The major issues identified with this manuscript are the following:

The reported Φ_Δ differs between sections: 8×10⁻⁵ in the abstract and results, and 8×10⁻⁴ in the conclusions. This must be clarified.

The choice of 410 nm pumping should be justified beyond availability of the OPO source.

A concise table of experimental parameters (pump wavelength, pulse width, energy, focal length, cuvette path length, detector specifications) should be included.

The statement that 4×10^{11 1}O₂ molecules are generated per pulse is interesting, but readers would benefit from having also this expressed as a concentration (µM or nM) in the experimental volume to better assess application feasibility.

While water disinfection is mentioned, potential limitations in real-world conditions (e.g., scattering, absorption, presence of quenchers) should also be acknowledged.

The formatting consistency for DOIs and journal titles in the reference list should be checked.

Author Response

Response to Reviewer 4

Thank you very much for taking the time to review this manuscript. Please find our detailed responses below and the corresponding revisions in tracked changes in the re-submitted files.

Comment 1 - The reported F_D differs between sections: 8 10^-5 in the abstract and results, and 8 10^-4 in the conclusions. This must be clarified.

Response to comment 1. The correct F_D value is 8 10^-5. We have corrected the misprint in the Conclusions section; thank you for noticing this.

Comment 2 – The choice of 410 nm pumping should be justified beyond availability of the OPO source.

Response to comment 2. We chose 410 nm as the pumping wavelength to illustrate the procedure for determining the efficiency of the Raman method. Different pumping wavelengths can be used. Previous publications show that ¹O₂ Raman photogeneration is possible at different pumping wavelengths [see references 14-16]. It would require conducting experiments similar to those discussed in the Result section and the corresponding use of different sets of optical filters. A comment about this point has been added in the description of the experimental section (see lines 112-117).

Comment 3 – A concise table of experimental parameters (pump wavelength, pulse width, energy, focal length, cuvette pathlength, detector specifications) should be included

Response to comment 3. The suggested table has been included in the experimental section (see lines 118-122)

Comment 4 – The statement that 4 10^{11 1}O₂ molecules are generated per pulse is interesting, readers would benefit from having also this expressed as a concentration (mM or nM) in the experimental volume to better assess application feasibility.

Response to comment 4. We have estimated a concentration of 3.6 nM of ¹O₂ molecules excited within the volume defined by the pulse excitation inside the water sample.
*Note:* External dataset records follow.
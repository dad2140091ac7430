//! Copies of the records that lie in a box, out of a leaf that is read where it stands.
ghost use Rattle.std.specs.Prelude.{◌≡◌, ◌≤◌, ◌*◌, ◌++◌, length, IfOk, IfSome, OnOk};
ghost use Rattle.hb_space.specs.Boxes.{Holds, IsArea, holds};
ghost use Rattle.hb_frag.specs.Leaves.{IsWellCut, first_at, leaves_of};
ghost use Rattle.hb_view.specs.Corners.{point_there};
ghost use Rattle.hb_view.specs.Seen.{area_seen, list_seen, tree_seen};
ghost use Rattle.hb_view.specs.Within.{TakesFound, records_within};

use crate::boxes::leaf_in;
use crate::corners::value_at;
use crate::lists::parts_of;
use crate::trees::{Inside, ListView};
use crate::walking::list_in;
use hb_page_codec::point_of;
use hb_space::form::BMAX;
use hb_space::{Area, Attributes, Body, NoMemory, Point, Record};

/// Whether the point of `k` values that stands there lies in the box.
fn lies_in(k: Attributes, bytes: &[u8], at_hand: &Area) -> bool
    requires room { 8 * k.number ≤ length bytes.now }
    requires attributes { length at_hand.now.lo ≡ k.number }
    ensures { result ≡ holds at_hand.now (point_there k.number bytes.now) }
{
    let least = at_hand.lo().values();
    let greatest = at_hand.hi().values();
    for axis in 0..usize::from(k.number) {
        let value = value_at(k, bytes, axis);
        if value < least[axis] || greatest[axis] < value {
            return false;
        }
    }
    true
}

/// The record of the point of `k` values that stands there, and this body.
fn record_of(k: Attributes, bytes: &[u8], body: &[u8]) -> Record
    requires room { 8 * k.number ≤ length bytes.now }
    requires short { length body.now ≤ BMAX }
    ensures { result ≡ record { key = point_there k.number bytes.now; body = body.now } }
{
    match point_of(k, bytes) {
        Some((key, _)) => Record {
            key,
            body: Body::new(body),
        },
        None => unreachable!(),
    }
}

/// Copies of the records that the box holds join others.
fn take_held(list: &ListView<'_>, at_hand: &Area, found: &mut Vec<Record>) -> Result<(), NoMemory>
    requires { length at_hand.now.lo ≡ list.now.k.number }
    ensures { OnOk result (found.new.items ≡ found.old.items ++ records_within at_hand.now (list_seen list.now)) }
{
    let mut rest = list.first;
    for _ in 0..list.count {
        match parts_of(list.k, rest) {
            Some((key, body, after)) => {
                if lies_in(list.k, key, at_hand) {
                    found.push(record_of(list.k, key, body))?;
                }
                rest = after;
            }
            None => unreachable!(),
        }
    }
    Ok(())
}

/// Copies of the records that the box holds, out of the leaf whose own box holds the point, join others. The leaf's box comes
/// back; none does where the leaf names a page.
pub(crate) fn take_in(
    inside: &Inside<'_>,
    p: &Point,
    at_hand: &Area,
    found: &mut Vec<Record>,
) -> Result<Option<Area>, NoMemory>
    requires well_cut { IsWellCut (tree_seen inside.now.tree) (area_seen inside.now) }
    requires held { Holds (area_seen inside.now) p.now }
    requires attributes { length p.now ≡ inside.now.tree.k.number }
    requires same { length at_hand.now.lo ≡ inside.now.tree.k.number }
    ensures takes { IfOk result (λ told. TakesFound at_hand.now
        (first_at p.now (leaves_of (tree_seen inside.now.tree) (area_seen inside.now))) found.old.items found.new.items told) }
    ensures area { IfOk result (λ told. IfSome told IsArea) }
{
    match list_in(&inside.tree, p.values()) {
        Some(list) => {
            take_held(&list, at_hand, found)?;
            Ok(Some(leaf_in(inside, p).1))
        }
        None => Ok(None),
    }
}
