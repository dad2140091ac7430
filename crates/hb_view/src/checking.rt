//! Whether bytes spell a page.
ghost use Rattle.std.specs.Prelude.{◌↔◌, IsSome, IsTrue};
ghost use Rattle.hb_page_codec.specs.Reading.{ReadsAs};
ghost use Rattle.hb_page_codec.specs.ReadingPages.{page_of_bytes};
ghost use Rattle.hb_view.specs.Behind.{live_behind, fields_behind};

use crate::corners::behind_box;
use crate::skipping::{behind_name, behind_tree};
use hb_lemmas::is_zero;
use hb_page_codec::head_of;
use hb_space::form::PAGE;

/// The bytes behind a live page, from behind its tag.
#[tactic(auto, unfolding(crate::specs::Behind::live_behind))]
fn behind_live(bytes: &[u8]) -> Option<&[u8]>
    ensures { ReadsAs (λ x. x.now) result (live_behind bytes.now) }
{
    let (_level, k, rest) = head_of(bytes)?;
    let rest = behind_box(k, rest)?;
    behind_tree(k, rest)
}

/// The bytes behind all fields of a page.
#[tactic(auto, unfolding(crate::specs::Behind::fields_behind))]
fn behind_fields(bytes: &[u8]) -> Option<&[u8]>
    ensures { ReadsAs (λ x. x.now) result (fields_behind bytes.now) }
{
    match bytes {
        [1, rest @ ..] => behind_live(rest),
        [2, rest @ ..] => behind_name(rest),
        _ => None,
    }
}

/// Whether the bytes spell a page. It reads over them once.
pub(crate) fn spells(bytes: &[u8]) -> bool
    ensures { IsTrue result ↔ IsSome (page_of_bytes bytes.now) }
{
    if bytes.len() != PAGE {
        return false;
    }
    match behind_fields(bytes) {
        Some(rest) => is_zero(rest),
        None => false,
    }
}
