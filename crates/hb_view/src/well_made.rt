//! Whether bytes spell a page that keeps all rules that speak of it alone, told in one walk over them. Which rule is broken it
//! doesn't tell.
ghost use Rattle.std.specs.Prelude.{◌≡◌, ◌+◌, ◌*◌, ◌<◌, ◌≤◌, ◌↔◌, length, slice_index, IfSome, IsTrue, None, option_map};
ghost use Rattle.std.specs.Ordering.{nat_cmp, ordering_then};
ghost use Rattle.std.specs.declared.cmp.Ordering.TheVariants.{Less};
ghost use Rattle.hb_space.specs.Boxes.{Area as Extent, Holds};
ghost use Rattle.hb_space.specs.Points.{point_cmp};
ghost use Rattle.hb_frag.specs.declared.leaves.Leaf.TheVariants.{Child, Sibling};
ghost use Rattle.hb_layout.specs.declared.meta.Meta.{Meta};
ghost use Rattle.hb_page_codec.specs.ReadingFields.{records_at};
ghost use Rattle.hb_page_codec.specs.ReadingPages.{cut_at, records_tip_at, node_at, tree_at, live_at, fields_at};
ghost use Rattle.hb_view.specs.Corners.{point_there};
ghost use Rattle.hb_view.specs.Limits.{meta_with};
ghost use Rattle.hb_view.specs.Walks.{ComesBehind, RiseFrom};
ghost use Rattle.hb_view.specs.WellMade.{GoesPast, GoesPastTree, IsLoneSibling, KeepsRules, ShouldBeOne, SpellWellMade, free_at, named_at};

use crate::LeafView;
use crate::bounds::Bounds;
use crate::broken::Limits;
use crate::corners::value_at;
use crate::lists::parts_of;
use crate::rules::cuts;
use crate::skipping::behind_name;
use hb_frag::capacity_of;
use hb_lemmas::is_zero;
use hb_page_codec::{axis_of, count_of, head_of, u32_of, u64_of};
use hb_space::Attributes;
use hb_space::form::PAGE;
use std::cmp::Ordering;

/// How far a walk over trees came.
#[derive(Clone, Copy)]
pub(crate) struct Passed<'a> {
    /// The bytes behind the last tree.
    pub rest: &'a [u8],
    /// What all of them weigh together.
    pub weight: u32,
    /// The leaf that the last tree is, where it has no cut.
    pub leaf: Option<LeafView>,
}

/// How two points compare, by the values in front of one of the second point, and by that value.
fn compared_at(k: Attributes, order: Ordering, last: &[u8], axis: usize, value: u64) -> Ordering
    requires room { 8 * k.number ≤ length last.now }
    requires attribute { axis < k.number }
    ensures { result ≡ ordering_then order (nat_cmp (slice_index (point_there k.number last.now) axis) value) }
{
    if order.is_eq() {
        value_at(k, last, axis).cmp(&value)
    } else {
        order
    }
}

/// Whether the value is neither below the least one nor above the greatest one.
fn lies_between(least: u64, greatest: u64, value: u64) -> bool
    ensures { IsTrue result ↔ ((least ≤ value) × (value ≤ greatest)) }
{
    least <= value && value <= greatest
}

/// Whether the box holds the point that stands there.
fn holds_there(k: Attributes, bounds: &Bounds, key: &[u8]) -> bool
    requires same { length bounds.now.lo ≡ k.number }
    requires room { 8 * k.number ≤ length key.now }
    ensures { IsTrue result ↔ Holds bounds.now (point_there k.number key.now) }
{
    let (lo, hi) = bounds.corners();
    for axis in 0..lo.len() {
        let value = value_at(k, key, axis);
        if !lies_between(lo[axis], hi[axis], value) {
            return false;
        }
    }
    true
}

/// Whether the box holds the point that stands there, and it comes behind the last one.
fn follows_there(k: Attributes, bounds: &Bounds, last: &[u8], key: &[u8]) -> bool
    requires same { length bounds.now.lo ≡ k.number }
    requires room { 8 * k.number ≤ length key.now }
    requires last { 8 * k.number ≤ length last.now }
    ensures { IsTrue result ↔ (Holds bounds.now (point_there k.number key.now) ×
        (point_cmp (point_there k.number last.now) (point_there k.number key.now) ≡ Less)) }
{
    let (lo, hi) = bounds.corners();
    let mut order = Ordering::Equal;
    for axis in 0..lo.len() {
        let value = value_at(k, key, axis);
        if !lies_between(lo[axis], hi[axis], value) {
            return false;
        }
        order = compared_at(k, order, last, axis, value);
    }
    order.is_lt()
}

/// Whether the box holds the point that stands there, and it comes behind the last one, where there was one.
fn comes_next(k: Attributes, bounds: &Bounds, last: Option<&[u8]>, key: &[u8]) -> bool
    requires same { length bounds.now.lo ≡ k.number }
    requires room { 8 * k.number ≤ length key.now }
    requires last { IfSome last (λ b. 8 * k.number ≤ length b.now) }
    ensures { IsTrue result ↔ (Holds bounds.now (point_there k.number key.now) ×
        ComesBehind (option_map (λ b. point_there k.number b.now) last.entry) (point_there k.number key.now)) }
{
    match last {
        Some(last) => follows_there(k, bounds, last, key),
        None => holds_there(k, bounds, key),
    }
}

/// Goes past so many records whose points lie in the box and rise.
fn past_records<'a>(k: Attributes, bounds: &Bounds, count: u16, bytes: &'a [u8]) -> Option<&'a [u8]>
    requires same { length bounds.now.lo ≡ k.number }
    ensures passes { GoesPast (RiseFrom bounds.now None) (records_at k.number count bytes.now) (option_map (λ b. b.now) result) }
    ensures few { IfSome result (λ rest. count + length rest.now ≤ length bytes.now) }
{
    let mut last = None;
    let mut rest = bytes;
    for _ in 0..count {
        let (key, _, after) = parts_of(k, rest)?;
        if !comes_next(k, bounds, last, key) {
            return None;
        }
        last = Some(key);
        rest = after;
    }
    Some(rest)
}

/// Goes past a leaf of records, from behind its tag.
#[tactic(auto, unfolding(hb_page_codec::specs::ReadingPages::records_tip_at))]
fn past_list<'a>(
    k: Attributes,
    level: u8,
    bounds: &Bounds,
    passed: &mut Passed<'a>,
    bytes: &'a [u8],
) -> bool
    requires same { length bounds.now.lo ≡ k.number }
    requires few { passed.old.weight + length bytes.now < PAGE }
    ensures passes { GoesPastTree level bounds.now passed.old.weight (records_tip_at k.number bytes.now) passed.new result }
    ensures light { IsTrue result → passed.new.weight + length passed.new.rest.now ≤ passed.old.weight + 1 + length bytes.now }
{
    if level > 0 {
        return false;
    }
    let Some((count, first)) = count_of(k, bytes) else {
        return false;
    };
    let Some(rest) = past_records(k, bounds, count, first) else {
        return false;
    };
    passed.rest = rest;
    passed.weight += u32::from(count).max(1);
    passed.leaf = Some(LeafView::Records);
    true
}

/// Goes past a leaf that names a page one level down, from behind its tag.
fn past_child<'a>(level: u8, passed: &mut Passed<'a>, bytes: &'a [u8]) -> bool
    requires few { passed.old.weight + length bytes.now < PAGE }
    ensures passes { (area : Extent) → GoesPastTree level area passed.old.weight (named_at Child bytes.now) passed.new result }
    ensures light { IsTrue result → passed.new.weight + length passed.new.rest.now ≤ passed.old.weight + 1 + length bytes.now }
{
    if level == 0 {
        return false;
    }
    let Some((page, rest)) = u32_of(bytes) else {
        return false;
    };
    passed.rest = rest;
    passed.weight += 1;
    passed.leaf = Some(LeafView::Child(page));
    true
}

/// Goes past a leaf that names a page of the same level, from behind its tag.
fn past_sibling<'a>(level: u8, passed: &mut Passed<'a>, bytes: &'a [u8]) -> bool
    requires few { passed.old.weight + length bytes.now < PAGE }
    ensures passes { (area : Extent) → GoesPastTree level area passed.old.weight (named_at Sibling bytes.now) passed.new result }
    ensures light { IsTrue result → passed.new.weight + length passed.new.rest.now ≤ passed.old.weight + 1 + length bytes.now }
{
    let Some((page, rest)) = u32_of(bytes) else {
        return false;
    };
    passed.rest = rest;
    passed.weight += 1;
    passed.leaf = Some(LeafView::Sibling(page));
    true
}

/// Whether two sides should be one leaf, told from the leaf that each of them is.
fn are_alike(left: Option<LeafView>, right: Option<LeafView>) -> bool
    ensures { IsTrue result ↔ ShouldBeOne left right }
{
    match (left, right) {
        (Some(LeafView::Records), Some(LeafView::Records)) => true,
        (Some(LeafView::Child(page)), Some(LeafView::Child(other))) => page == other,
        _ => false,
    }
}

/// Goes past a cut, from behind its tag. The box stays as it is.
#[cycle(trees)]
#[tactic(auto, unfolding(hb_page_codec::specs::ReadingPages::cut_at))]
fn past_cut<'a>(
    k: Attributes,
    level: u8,
    bounds: &mut Bounds,
    passed: &mut Passed<'a>,
    bytes: &'a [u8],
) -> bool
    requires same { length bounds.old.lo ≡ k.number }
    requires few { passed.old.weight + length bytes.now ≤ PAGE }
    ensures passes { GoesPastTree level bounds.old passed.old.weight (cut_at (tree_at k.number) k.number bytes.now) passed.new result }
    ensures light { IsTrue result → passed.new.weight + length passed.new.rest.now ≤ passed.old.weight + length bytes.now }
    ensures back { bounds.new ≡ bounds.old }
{
    let Some((axis, rest)) = axis_of(k, bytes) else {
        return false;
    };
    let Some((value, left)) = u64_of(rest) else {
        return false;
    };
    if !cuts(bounds, axis, value) {
        return false;
    }
    let greatest = bounds.take_below(axis, value);
    let below = past_tree(k, level, bounds, passed, left);
    bounds.put_hi(axis, greatest);
    if !below {
        return false;
    }
    let first = *passed;
    let least = bounds.take_from(axis, value);
    let from = past_tree(k, level, bounds, passed, first.rest);
    bounds.put_lo(axis, least);
    if !from {
        return false;
    }
    let alike = are_alike(first.leaf, passed.leaf);
    passed.leaf = None;
    !alike
}

/// Goes past a tree by its root. The box stays as it is.
#[cycle(trees)]
#[tactic(auto, unfolding(hb_page_codec::specs::ReadingPages::node_at))]
fn past_root<'a>(
    k: Attributes,
    level: u8,
    bounds: &mut Bounds,
    passed: &mut Passed<'a>,
    bytes: &'a [u8],
) -> bool
    requires same { length bounds.old.lo ≡ k.number }
    requires few { passed.old.weight + length bytes.now ≤ PAGE }
    ensures passes { GoesPastTree level bounds.old passed.old.weight (node_at (tree_at k.number) k.number bytes.now) passed.new result }
    ensures light { IsTrue result → passed.new.weight + length passed.new.rest.now ≤ passed.old.weight + length bytes.now }
    ensures back { bounds.new ≡ bounds.old }
{
    match bytes {
        [0, rest @ ..] => past_cut(k, level, bounds, passed, rest),
        [1, rest @ ..] => past_list(k, level, bounds, passed, rest),
        [2, rest @ ..] => past_child(level, passed, rest),
        [3, rest @ ..] => past_sibling(level, passed, rest),
        _ => false,
    }
}

/// Goes past a tree of this level with this box that keeps the rules, and adds what it weighs. The box stays as it is.
#[cycle(trees)]
fn past_tree<'a>(
    k: Attributes,
    level: u8,
    bounds: &mut Bounds,
    passed: &mut Passed<'a>,
    bytes: &'a [u8],
) -> bool
    requires same { length bounds.old.lo ≡ k.number }
    requires few { passed.old.weight + length bytes.now ≤ PAGE }
    ensures passes { GoesPastTree level bounds.old passed.old.weight (tree_at k.number bytes.now) passed.new result }
    ensures light { IsTrue result → passed.new.weight + length passed.new.rest.now ≤ passed.old.weight + length bytes.now }
    ensures back { bounds.new ≡ bounds.old }
{
    past_root(k, level, bounds, passed, bytes)
}

/// Whether all of the tree is one sibling leaf, told from the leaf that it is.
fn is_sibling(leaf: Option<LeafView>) -> bool
    ensures { IsTrue result ↔ IsLoneSibling leaf }
{
    match leaf {
        Some(LeafView::Sibling(_)) => true,
        _ => false,
    }
}

/// Goes past a page in use that keeps the rules, from behind its tag.
fn past_live(bytes: &[u8], limits: Limits) -> Option<&[u8]>
    requires short { length bytes.now ≤ PAGE }
    ensures { GoesPast (KeepsRules (meta_with limits.k limits.height limits.dcap limits.icap)) (live_at bytes.now) (option_map (λ b. b.now) result) }
{
    let (level, k, rest) = head_of(bytes)?;
    if level >= limits.height {
        return None;
    }
    if k.number != limits.k {
        return None;
    }
    let (area, tree) = Bounds::read(k, rest)?;
    let mut bounds = area;
    let mut passed = Passed {
        rest: tree,
        weight: 0,
        leaf: None,
    };
    if !past_tree(k, level, &mut bounds, &mut passed, tree) {
        return None;
    }
    if passed.weight > u32::from(capacity_of(level, limits.dcap, limits.icap)) {
        return None;
    }
    if is_sibling(passed.leaf) {
        return None;
    }
    Some(passed.rest)
}

/// Goes past a free page, from behind its tag.
fn past_free(bytes: &[u8]) -> Option<&[u8]>
    ensures { (meta : Meta) → GoesPast (KeepsRules meta) (free_at bytes.now) (option_map (λ b. b.now) result) }
{
    behind_name(bytes)
}

/// Goes past the fields of a page that keeps the rules.
#[tactic(auto, unfolding(hb_page_codec::specs::ReadingPages::fields_at))]
fn past_page(bytes: &[u8], limits: Limits) -> Option<&[u8]>
    requires short { length bytes.now ≤ PAGE }
    ensures { GoesPast (KeepsRules (meta_with limits.k limits.height limits.dcap limits.icap)) (fields_at bytes.now) (option_map (λ b. b.now) result) }
{
    match bytes {
        [1, rest @ ..] => past_live(rest, limits),
        [2, rest @ ..] => past_free(rest),
        _ => None,
    }
}

/// Whether the bytes spell a page that keeps the rules that speak of it alone. It reads over them once.
pub(crate) fn is_well_made(bytes: &[u8], limits: Limits) -> bool
    ensures { IsTrue result ↔ SpellWellMade (meta_with limits.k limits.height limits.dcap limits.icap) bytes.now }
{
    if bytes.len() != PAGE {
        return false;
    }
    match past_page(bytes, limits) {
        Some(rest) => is_zero(rest),
        None => false,
    }
}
This estimation has been provided in lines 217-219.

Comment 5 – While water disinfection is mentioned, potential limitations in real world conditions (e.g. scattering, absorption, presence of quenchers) should be acknowledged.

Response to comment 5. A comment about this point has been provided in lines 292-293.

Comment 6 – The formatting consistency for DOIs and journal titles in the reference list should be checked.

Response to comment 6. The reference format has been revised for consistency and correctness.